> About this task:
All of the records below should be output exactly.

> Provided information:
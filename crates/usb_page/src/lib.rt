//! The text of a run as one self-contained page of HTML, drawn by its script.
//!
//! # What is proved
//!
//! - `put_page` writes the page of a text, or a prefix of it if the writer failed (*page_text*).
//! - A browser shows of the name and the text what they are, and reads no byte of them as markup
//!   (`escaping_laws`).
//!
//! *Only tested*: what the script draws (`tools/page_try`).
#![tactic(auto)]

mod escape;
mod markup;
mod paging;
mod script;

pub use escape::{escaped, escaping_laws};
pub use paging::put_page;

> Output of the exercise:
filename crates/usb_page/src/lib.rt
//! The text of a run as one self-contained page of HTML, drawn by its script.
//!
//! # What is proved
//!
//! - `put_page` writes the page of a text, or a prefix of it if the writer failed (*page_text*).
//! - A browser shows of the name and the text what they are, and reads no byte of them as markup
//!   (`escaping_laws`).
//!
//! *Only tested*: what the script draws (`tools/page_try`).
#![tactic(auto)]

mod escape;
mod markup;
mod paging;
mod script;

pub use escape::{escaped, escaping_laws};
pub use paging::put_page;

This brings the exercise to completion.